**AIM OF THE EXERCISE:** Go through the material and copy each line in which the word "lent" shows up.

** STORED DATA follows **

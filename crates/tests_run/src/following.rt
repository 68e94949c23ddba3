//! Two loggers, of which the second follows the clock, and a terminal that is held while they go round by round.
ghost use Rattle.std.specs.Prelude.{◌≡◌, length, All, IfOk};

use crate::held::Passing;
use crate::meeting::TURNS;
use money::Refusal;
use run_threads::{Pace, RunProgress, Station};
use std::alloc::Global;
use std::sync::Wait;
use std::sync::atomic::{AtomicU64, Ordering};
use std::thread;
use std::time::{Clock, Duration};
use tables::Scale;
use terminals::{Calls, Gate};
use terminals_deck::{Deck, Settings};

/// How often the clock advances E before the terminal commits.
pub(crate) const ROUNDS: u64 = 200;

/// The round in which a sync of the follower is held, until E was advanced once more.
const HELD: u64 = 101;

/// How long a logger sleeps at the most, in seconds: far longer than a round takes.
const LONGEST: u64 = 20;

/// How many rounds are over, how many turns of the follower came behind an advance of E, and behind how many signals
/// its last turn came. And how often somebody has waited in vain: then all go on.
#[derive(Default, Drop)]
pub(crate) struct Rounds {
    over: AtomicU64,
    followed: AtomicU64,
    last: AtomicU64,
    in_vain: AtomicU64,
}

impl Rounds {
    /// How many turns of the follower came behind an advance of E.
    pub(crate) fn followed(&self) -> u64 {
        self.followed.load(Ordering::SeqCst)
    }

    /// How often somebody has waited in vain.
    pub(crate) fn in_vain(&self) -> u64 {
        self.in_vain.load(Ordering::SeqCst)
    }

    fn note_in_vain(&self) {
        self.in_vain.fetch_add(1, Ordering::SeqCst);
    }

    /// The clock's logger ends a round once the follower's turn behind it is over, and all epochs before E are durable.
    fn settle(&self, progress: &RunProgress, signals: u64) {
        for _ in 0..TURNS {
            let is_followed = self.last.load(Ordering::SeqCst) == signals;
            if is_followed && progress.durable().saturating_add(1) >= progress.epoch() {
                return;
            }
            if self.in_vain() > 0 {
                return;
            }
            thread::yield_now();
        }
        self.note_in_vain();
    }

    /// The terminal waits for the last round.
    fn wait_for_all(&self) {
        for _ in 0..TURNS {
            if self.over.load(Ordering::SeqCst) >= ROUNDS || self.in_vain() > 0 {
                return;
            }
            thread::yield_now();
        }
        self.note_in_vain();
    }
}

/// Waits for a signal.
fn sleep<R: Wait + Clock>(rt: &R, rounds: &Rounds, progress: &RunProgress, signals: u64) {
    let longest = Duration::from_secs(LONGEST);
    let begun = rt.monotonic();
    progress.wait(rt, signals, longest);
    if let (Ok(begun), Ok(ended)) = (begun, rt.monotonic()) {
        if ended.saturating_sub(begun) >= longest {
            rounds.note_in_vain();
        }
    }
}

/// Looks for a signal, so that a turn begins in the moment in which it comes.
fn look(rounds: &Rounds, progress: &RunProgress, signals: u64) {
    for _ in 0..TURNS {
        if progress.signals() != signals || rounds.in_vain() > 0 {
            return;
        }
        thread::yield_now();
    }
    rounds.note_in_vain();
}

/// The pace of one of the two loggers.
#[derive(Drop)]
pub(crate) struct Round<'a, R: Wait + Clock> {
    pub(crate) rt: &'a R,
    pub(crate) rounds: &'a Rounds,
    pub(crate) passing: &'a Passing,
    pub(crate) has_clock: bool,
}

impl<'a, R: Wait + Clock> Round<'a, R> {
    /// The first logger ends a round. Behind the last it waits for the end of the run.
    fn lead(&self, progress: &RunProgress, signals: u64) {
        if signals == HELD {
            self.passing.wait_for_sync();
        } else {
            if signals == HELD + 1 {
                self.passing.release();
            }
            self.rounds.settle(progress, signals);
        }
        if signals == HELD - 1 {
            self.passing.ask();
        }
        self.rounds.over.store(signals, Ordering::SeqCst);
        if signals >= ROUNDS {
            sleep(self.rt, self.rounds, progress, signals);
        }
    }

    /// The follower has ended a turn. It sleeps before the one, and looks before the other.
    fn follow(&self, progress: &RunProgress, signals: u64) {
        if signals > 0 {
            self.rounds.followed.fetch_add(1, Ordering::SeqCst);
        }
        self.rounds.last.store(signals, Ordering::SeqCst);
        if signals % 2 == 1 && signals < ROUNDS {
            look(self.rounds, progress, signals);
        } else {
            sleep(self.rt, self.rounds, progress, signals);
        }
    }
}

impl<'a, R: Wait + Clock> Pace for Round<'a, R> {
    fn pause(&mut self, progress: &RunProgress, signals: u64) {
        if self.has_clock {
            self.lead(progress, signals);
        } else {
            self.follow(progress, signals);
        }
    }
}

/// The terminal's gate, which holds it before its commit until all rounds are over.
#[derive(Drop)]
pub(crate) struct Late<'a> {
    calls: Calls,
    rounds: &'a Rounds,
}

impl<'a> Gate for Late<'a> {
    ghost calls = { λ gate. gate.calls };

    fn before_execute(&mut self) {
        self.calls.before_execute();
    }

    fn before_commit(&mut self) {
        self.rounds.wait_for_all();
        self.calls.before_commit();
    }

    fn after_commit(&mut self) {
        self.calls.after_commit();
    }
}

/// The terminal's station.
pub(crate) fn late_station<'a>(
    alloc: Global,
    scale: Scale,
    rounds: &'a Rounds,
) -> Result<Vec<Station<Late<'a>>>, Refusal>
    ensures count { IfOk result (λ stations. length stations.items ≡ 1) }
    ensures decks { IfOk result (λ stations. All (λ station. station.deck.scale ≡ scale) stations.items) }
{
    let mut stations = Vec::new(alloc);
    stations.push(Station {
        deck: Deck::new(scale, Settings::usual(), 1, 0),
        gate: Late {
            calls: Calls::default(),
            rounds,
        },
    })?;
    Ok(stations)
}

** End of STORED DATA **
** STORED DATA follows **

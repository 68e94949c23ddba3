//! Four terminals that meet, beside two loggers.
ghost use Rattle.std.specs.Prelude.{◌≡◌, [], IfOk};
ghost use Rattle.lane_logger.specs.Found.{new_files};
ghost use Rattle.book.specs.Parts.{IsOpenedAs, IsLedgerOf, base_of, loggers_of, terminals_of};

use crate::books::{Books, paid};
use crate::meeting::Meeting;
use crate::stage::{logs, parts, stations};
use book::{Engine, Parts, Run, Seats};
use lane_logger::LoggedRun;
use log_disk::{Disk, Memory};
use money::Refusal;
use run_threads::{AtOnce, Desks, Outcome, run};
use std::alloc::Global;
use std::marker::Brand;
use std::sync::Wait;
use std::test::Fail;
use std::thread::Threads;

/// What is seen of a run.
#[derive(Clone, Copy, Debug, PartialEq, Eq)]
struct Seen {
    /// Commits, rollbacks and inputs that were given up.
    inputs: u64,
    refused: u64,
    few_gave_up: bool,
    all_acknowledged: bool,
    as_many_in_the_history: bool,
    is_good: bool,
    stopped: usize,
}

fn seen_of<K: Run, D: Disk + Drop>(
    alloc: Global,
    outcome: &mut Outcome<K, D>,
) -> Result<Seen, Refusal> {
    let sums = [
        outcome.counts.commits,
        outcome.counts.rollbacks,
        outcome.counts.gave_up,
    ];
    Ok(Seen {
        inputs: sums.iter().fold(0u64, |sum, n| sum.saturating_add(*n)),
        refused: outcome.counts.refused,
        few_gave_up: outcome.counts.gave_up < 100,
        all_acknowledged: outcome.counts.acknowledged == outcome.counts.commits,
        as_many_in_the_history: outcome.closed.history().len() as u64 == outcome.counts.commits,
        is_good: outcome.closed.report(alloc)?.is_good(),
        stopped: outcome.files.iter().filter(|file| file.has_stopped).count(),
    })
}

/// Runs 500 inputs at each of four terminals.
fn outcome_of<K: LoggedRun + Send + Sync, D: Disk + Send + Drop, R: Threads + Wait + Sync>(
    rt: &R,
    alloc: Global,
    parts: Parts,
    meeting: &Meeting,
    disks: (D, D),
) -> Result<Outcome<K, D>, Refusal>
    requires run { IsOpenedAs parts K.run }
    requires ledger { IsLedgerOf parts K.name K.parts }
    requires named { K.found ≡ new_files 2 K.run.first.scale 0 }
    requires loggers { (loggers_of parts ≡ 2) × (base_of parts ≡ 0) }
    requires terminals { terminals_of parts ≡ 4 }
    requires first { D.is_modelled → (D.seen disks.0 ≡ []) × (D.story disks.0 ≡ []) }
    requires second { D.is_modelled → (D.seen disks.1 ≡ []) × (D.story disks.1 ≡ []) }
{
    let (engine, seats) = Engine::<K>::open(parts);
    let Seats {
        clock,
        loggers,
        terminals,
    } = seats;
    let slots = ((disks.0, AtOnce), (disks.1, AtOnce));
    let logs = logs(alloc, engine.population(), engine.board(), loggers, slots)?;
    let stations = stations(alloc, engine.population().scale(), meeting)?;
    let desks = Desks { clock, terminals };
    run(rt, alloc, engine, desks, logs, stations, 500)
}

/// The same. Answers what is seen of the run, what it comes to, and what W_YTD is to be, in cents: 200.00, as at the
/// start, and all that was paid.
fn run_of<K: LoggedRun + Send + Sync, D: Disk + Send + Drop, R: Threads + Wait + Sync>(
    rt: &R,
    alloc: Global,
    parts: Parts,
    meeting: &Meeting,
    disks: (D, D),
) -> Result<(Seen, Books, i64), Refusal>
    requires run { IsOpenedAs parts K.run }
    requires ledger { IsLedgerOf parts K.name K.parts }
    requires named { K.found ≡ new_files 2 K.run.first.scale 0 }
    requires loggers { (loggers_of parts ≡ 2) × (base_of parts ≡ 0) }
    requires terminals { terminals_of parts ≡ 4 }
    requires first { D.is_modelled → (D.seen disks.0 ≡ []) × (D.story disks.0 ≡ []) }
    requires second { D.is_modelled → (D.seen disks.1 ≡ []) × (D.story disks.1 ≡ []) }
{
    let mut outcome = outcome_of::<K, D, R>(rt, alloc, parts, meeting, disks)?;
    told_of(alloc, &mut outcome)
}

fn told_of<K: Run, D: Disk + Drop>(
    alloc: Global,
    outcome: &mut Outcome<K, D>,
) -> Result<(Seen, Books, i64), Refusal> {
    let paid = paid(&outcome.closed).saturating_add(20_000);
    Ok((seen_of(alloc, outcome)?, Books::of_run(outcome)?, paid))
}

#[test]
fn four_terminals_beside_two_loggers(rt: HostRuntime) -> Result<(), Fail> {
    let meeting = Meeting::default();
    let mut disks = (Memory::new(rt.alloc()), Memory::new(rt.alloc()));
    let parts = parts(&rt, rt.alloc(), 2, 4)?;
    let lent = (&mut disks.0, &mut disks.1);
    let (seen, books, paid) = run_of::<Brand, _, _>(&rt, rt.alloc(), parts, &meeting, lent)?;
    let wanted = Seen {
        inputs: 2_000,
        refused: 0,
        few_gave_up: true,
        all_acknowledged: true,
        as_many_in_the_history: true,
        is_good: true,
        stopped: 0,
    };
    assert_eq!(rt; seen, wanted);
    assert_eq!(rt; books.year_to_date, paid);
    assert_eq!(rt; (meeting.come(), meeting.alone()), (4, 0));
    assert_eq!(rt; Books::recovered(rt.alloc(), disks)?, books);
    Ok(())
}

** End of STORED DATA **
** STORED DATA follows **

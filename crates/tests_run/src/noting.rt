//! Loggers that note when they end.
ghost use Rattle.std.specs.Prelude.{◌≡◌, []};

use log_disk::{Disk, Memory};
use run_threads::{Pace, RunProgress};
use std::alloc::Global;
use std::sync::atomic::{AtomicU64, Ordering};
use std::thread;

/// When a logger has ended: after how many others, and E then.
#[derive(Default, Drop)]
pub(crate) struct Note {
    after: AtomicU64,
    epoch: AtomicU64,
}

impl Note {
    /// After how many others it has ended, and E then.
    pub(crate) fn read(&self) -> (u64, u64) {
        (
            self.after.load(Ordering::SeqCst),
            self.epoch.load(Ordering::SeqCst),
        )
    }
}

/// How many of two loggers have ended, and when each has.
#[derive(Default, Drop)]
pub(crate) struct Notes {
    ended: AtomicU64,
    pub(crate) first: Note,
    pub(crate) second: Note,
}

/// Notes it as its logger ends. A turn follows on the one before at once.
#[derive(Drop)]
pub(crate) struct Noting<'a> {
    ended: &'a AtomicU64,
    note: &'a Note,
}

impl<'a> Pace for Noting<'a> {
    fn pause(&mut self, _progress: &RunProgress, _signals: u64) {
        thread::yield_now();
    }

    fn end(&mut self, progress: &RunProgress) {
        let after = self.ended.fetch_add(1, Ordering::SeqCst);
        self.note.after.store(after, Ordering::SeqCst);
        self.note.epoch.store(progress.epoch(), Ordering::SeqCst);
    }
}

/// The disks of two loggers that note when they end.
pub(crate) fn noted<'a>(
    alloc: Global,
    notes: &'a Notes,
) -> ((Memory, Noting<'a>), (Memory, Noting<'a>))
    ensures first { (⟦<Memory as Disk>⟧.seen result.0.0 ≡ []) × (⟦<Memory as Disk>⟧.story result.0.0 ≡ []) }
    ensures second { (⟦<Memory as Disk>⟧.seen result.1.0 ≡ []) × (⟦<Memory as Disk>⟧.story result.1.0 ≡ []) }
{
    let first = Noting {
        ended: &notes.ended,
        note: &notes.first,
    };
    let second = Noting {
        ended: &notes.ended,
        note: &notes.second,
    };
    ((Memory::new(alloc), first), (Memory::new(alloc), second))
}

** End of STORED DATA **

**TASK SOLUTION:**
    let lent = (&mut disks.0, &mut disks.1);
    let (seen, books, paid) = run_of::<Brand, _, _>(&rt, rt.alloc(), parts, &meeting, lent)?;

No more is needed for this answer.